Jean-Marie Straub & Cornelia Geiser: 'Corneille-Brecht ou Rome, l’unique objet de mon ressentiment'
In leaps of physical color, Cornelia Geiser recites verses from Pierre Corneille’s plays Horace and Othon, followed by extended excerpts from Bertolt Brecht’s 1939 radio play The Trial of Lucullus, in which a Roman General is summoned to the netherworld to stand trial for the crimes and sufferings he has inflicted on commoners and slaves.
Across centuries of Western civilization, Straub and Geiser bridge these texts of different epochs and – in a single corner of a small Parisian apartment – confront the barbarous rulers of ancient Rome, the kings of 17th-century France, the fascists of Europe in the 1930s and 1940s, and, by implication, those in power today. By looking back at these texts from his small Parisian apartment in 2009, Straub unveils their intertextual meanings and makes them resonate with the present.
“Maybe it’s not even a movie,” Straub wondered aloud during a post-screening talk on Corneille-Brecht. Indeed this movie is ‘just’ a woman, Cornelia Geiser, reading a text frontally to the camera in the same corner of Straub’s Parisian apartment (once Danièle Huillet’s mother’s). But the words and their drama and intonation invoke massive friezes, ultimate judgments, conflagrations, the ‘collective hate’ of Rome, “l’unique objet de mon ressentiment” (“the sole object of my resentment”, Corneille), and then goes down even deeper (with a Brecht radio play), down to a Hades where a trial for war crimes is taking place against an imperialist, perhaps the same imperialist, perhaps any imperialist. It would be foolish to call this picture minimalist, for even if its sound were turned off one could be fascinated by the changes of color in wardrobe and sunlight, here effected by jump cuts – yet another cinematographic vein Straub has tapped for both sudden and gradual excitation.
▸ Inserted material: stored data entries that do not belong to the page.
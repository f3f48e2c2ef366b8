//! Which buckets a call changes, as a set of bits, and which digests are then kept.
use std::alloc::Global;
use std::process::Abort;
use test_kit::{SeenAt, entry, history_of, once, page, references, twice};
use warm_digest::DigestedHistory;
use warm_history::History;

// Page 0:1 with two stamps, and 0:3 with one: of the buckets 1 and 3.
const KNOWN: [SeenAt; 3] = [(0, 1, 10, 1), (0, 1, 20, 1), (0, 3, 10, 1)];

const BUCKETS_OF_KNOWN: u64 = 0b1010;

// The history of these references, at the horizon 5.
fn known(rt: &impl Abort, alloc: Global) -> History {
    let mut history = history_of(alloc, &KNOWN).expect(rt, "memory for a history");
    history.raise(5);
    history
}

// The set of the buckets that a batch changes; the same batch given again changes none.
fn changed_by(rt: &impl Abort, alloc: Global, history: &mut History, given: &[SeenAt]) -> u64 {
    let batch = references(alloc, given).expect(rt, "memory for references");
    let changed = history.absorb(&batch).expect(rt, "memory for a batch");
    let again = history.absorb(&batch).expect(rt, "memory for a batch");
    assert!(rt; again.is_empty());
    changed.bits()
}

// A batch, and the buckets that it changes after the batches before it.
type Row<'a> = (&'a [SeenAt], u64);

const BATCHES: [Row<'static>; 8] = [
    (&[], 0),
    (&KNOWN, 0),
    // older than both stamps, and of a new page but older than the horizon
    (&[(0, 1, 9, 1)], 0),
    (&[(0, 2, 4, 1)], 0),
    // a new page, a page named twice, and one of each of three buckets
    (&[(0, 2, 30, 1)], 0b100),
    (&[(0, 66, 31, 1), (0, 66, 32, 1)], 0b100),
    (
        &[(1, 62, 7, 1), (0, 3, 11, 1), (0, 1, 20, 1), (64, 0, 8, 1)],
        0x8000_0000_0000_0009,
    ),
    // a new page after a known one, and a known one after a new one
    (&[(0, 2, 30, 1), (0, 5, 30, 1), (0, 2, 33, 1)], 0b10_0100),
];

#[test]
fn a_batch_changes_the_buckets_of_its_news(rt: HostRuntime) {
    let mut history = known(&rt, rt.alloc());
    for (given, changed) in BATCHES {
        assert!(rt; changed_by(&rt, rt.alloc(), &mut history, given) == changed);
    }
    assert!(rt; history.len() == 7);
}

#[test]
fn entries_change_the_buckets_of_their_news_and_of_losses(rt: HostRuntime) {
    let mut history = known(&rt, rt.alloc());
    let same = [
        entry(page(1), twice((20, 1), (10, 1))),
        entry(page(3), once(10, 1)),
    ];
    let changed = history.join_entries(5, &same);
    assert!(rt; changed.expect(&rt, "memory for entries").bits() == 0);
    let news = [entry(page(1), once(15, 1)), entry(page(4), once(4, 1))];
    let changed = history.join_entries(0, &news);
    assert!(rt; changed.expect(&rt, "memory for entries").bits() == 0b10);
    assert!(rt; history.losing(15).bits() == 0b1000 && history.losing(16).bits() == 0b1010);
    let news = [entry(page(4), once(17, 1))];
    let changed = history.join_entries(16, &news);
    assert!(rt; changed.expect(&rt, "memory for entries").bits() == 0b1_1010);
    let changed = history.join_entries(17, &[]);
    assert!(rt; changed.expect(&rt, "no memory is taken").bits() == 0);
    assert!(rt; history.horizon() == 17 && history.len() == 2);
}

#[test]
fn a_join_changes_the_buckets_of_what_is_new(rt: HostRuntime) {
    let mut history = known(&rt, rt.alloc());
    let mut empty = History::new(rt.alloc());
    let changed = empty.join(&history);
    assert!(rt; changed.expect(&rt, "memory for a join").bits() == BUCKETS_OF_KNOWN);
    let changed = empty.join(&history);
    assert!(rt; changed.expect(&rt, "memory for a join").bits() == 0);
    empty.raise(20);
    let changed = history.join(&empty);
    assert!(rt; changed.expect(&rt, "memory for a join").bits() == BUCKETS_OF_KNOWN);
}

#[test]
fn a_repeated_message_leaves_digests_as_they_are(rt: HostRuntime) {
    let mut digested = DigestedHistory::new(rt.alloc());
    let batch = references(rt.alloc(), &KNOWN).expect(&rt, "memory for references");
    let changed = digested.absorb(&batch);
    assert!(rt; changed.expect(&rt, "memory for a batch").bits() == BUCKETS_OF_KNOWN);
    let digests = digested.digests().expect(&rt, "memory for digests");
    let changed = digested.absorb(&batch);
    assert!(rt; changed.expect(&rt, "memory for a batch").bits() == 0);
    let changed = digested.join_entries(10, &[entry(page(1), once(10, 1))]);
    assert!(rt; changed.expect(&rt, "memory for entries").bits() == 0);
    assert!(rt; digested.digests().expect(&rt, "nothing to digest") == digests);
    assert!(rt; digested.raise(10).is_empty());
    assert!(rt; digested.raise(11).bits() == BUCKETS_OF_KNOWN);
    assert!(rt; digested.digests().expect(&rt, "memory for digests") != digests);
}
Fascination, magic, and belief are part of Straub-Huillet’s cinema too, occurring amid their total opposite – analysis, critical faculty and errant thought –and back again. (Andy Rector)
- We present the new copy from the original MiniDV source material.
- The film exists in three versions – A, B and C. We present version C, the only one with English subtitles (made by Misha Donat and Straub).